● **What the task requires**: Please restate each entry word for word.
━━━━━ Data shown ━━━━━
ghost use Rattle.std.specs.Prelude.{◌≡◌, ◌≤◌, ◌↔◌, false, IfOk, IfErr, IsErrOf};
ghost use Rattle.ldar_law.specs.Reports as law;
ghost use Rattle.ldar_law.specs.declared.numbers.TheConstants.{LAST_FACT_DAY};
ghost use Rattle.semiannual_report.specs.Columns.{AreOfComponents};
ghost use Rattle.semiannual_report.specs.Halves.{first_reported};

use crate::cells::half_cells;
use crate::error::ReportError;
use crate::half::{first_day_reported, half_first, half_last, half_month, has_half_begun};
use crate::lines::{delay_lines, stops_in};
use ldar_days::Day;
use ldar_law::{Cells, Items, Report, Sheet, Stop, UnitEntry};
use std::alloc::Global;

/// The report of a half as known on a day (40 CFR 60.487a(c)). It is made from the sheets of the unit's components and from
/// the unit's shutdowns in key order. The sheets must be of distinct components in ascending order, or the result has no meaning.
pub fn report_of(
    alloc: Global,
    unit: &UnitEntry,
    half: u16,
    day: Day,
    sheets: &[Sheet],
    stops: &[Stop],
) -> Result<Report, ReportError>
    requires startup { unit.now.startup ≤ LAST_FACT_DAY }
    ensures value { IfOk result (λ report. AreOfComponents sheets.now → report ≡ law.report_on unit.now half day sheets.now stops.now) }

    // The error is returned exactly if the half is 0 or has not begun.
    ensures none { IsErrOf result (ReportError.NoHalf (first_reported unit.now.startup half)) ↔ (law.has_half_begun unit.now.startup half day ≡ false) }
    ensures first { (first : Day) → result ≡ Err (ReportError.NoHalf first) → first ≡ first_reported unit.now.startup half }
{
    if !has_half_begun(unit.startup, half, day) {
        return Err(ReportError::NoHalf {
            first: first_day_reported(unit.startup, half),
        });
    }
    let first = half_first(unit.startup, half);
    let last = half_last(unit.startup, half);
    let months = half_cells(day, sheets, half_month(unit.startup, half));
    let delays = delay_lines(alloc, first, last, sheets)?;
    let stops = stops_in(alloc, first, last, stops)?;
    Ok(Report {
        unit: unit.unit,
        name: unit.name,
        half,
        day,
        cells: Cells {
            months,
            delays: Items::new(delays),
            stops: Items::new(stops),
        },
    })
}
━━━━━
● **Answer to the problem**:
ghost use Rattle.std.specs.Prelude.{◌≡◌, ◌≤◌, ◌↔◌, false, IfOk, IfErr, IsErrOf};
ghost use Rattle.ldar_law.specs.Reports as law;
ghost use Rattle.ldar_law.specs.declared.numbers.TheConstants.{LAST_FACT_DAY};
ghost use Rattle.semiannual_report.specs.Columns.{AreOfComponents};
ghost use Rattle.semiannual_report.specs.Halves.{first_reported};

use crate::cells::half_cells;
use crate::error::ReportError;
use crate::half::{first_day_reported, half_first, half_last, half_month, has_half_begun};
use crate::lines::{delay_lines, stops_in};
use ldar_days::Day;
use ldar_law::{Cells, Items, Report, Sheet, Stop, UnitEntry};
use std::alloc::Global;

/// The report of a half as known on a day (40 CFR 60.487a(c)). It is made from the sheets of the unit's components and from
/// the unit's shutdowns in key order. The sheets must be of distinct components in ascending order, or the result has no meaning.
pub fn report_of(
    alloc: Global,
    unit: &UnitEntry,
    half: u16,
    day: Day,
    sheets: &[Sheet],
    stops: &[Stop],
) -> Result<Report, ReportError>
    requires startup { unit.now.startup ≤ LAST_FACT_DAY }
    ensures value { IfOk result (λ report. AreOfComponents sheets.now → report ≡ law.report_on unit.now half day sheets.now stops.now) }

    // The error is returned exactly if the half is 0 or has not begun.
    ensures none { IsErrOf result (ReportError.NoHalf (first_reported unit.now.startup half)) ↔ (law.has_half_begun unit.now.startup half day ≡ false) }
    ensures first { (first : Day) → result ≡ Err (ReportError.NoHalf first) → first ≡ first_reported unit.now.startup half }
{
    if !has_half_begun(unit.startup, half, day) {
        return Err(ReportError::NoHalf {
            first: first_day_reported(unit.startup, half),
        });
    }
    let first = half_first(unit.startup, half);
    let last = half_last(unit.startup, half);
    let months = half_cells(day, sheets, half_month(unit.startup, half));
    let delays = delay_lines(alloc, first, last, sheets)?;
    let stops = stops_in(alloc, first, last, stops)?;
    Ok(Report {
        unit: unit.unit,
        name: unit.name,
        half,
        day,
        cells: Cells {
            months,
            delays: Items::new(delays),
            stops: Items::new(stops),
        },
    })
}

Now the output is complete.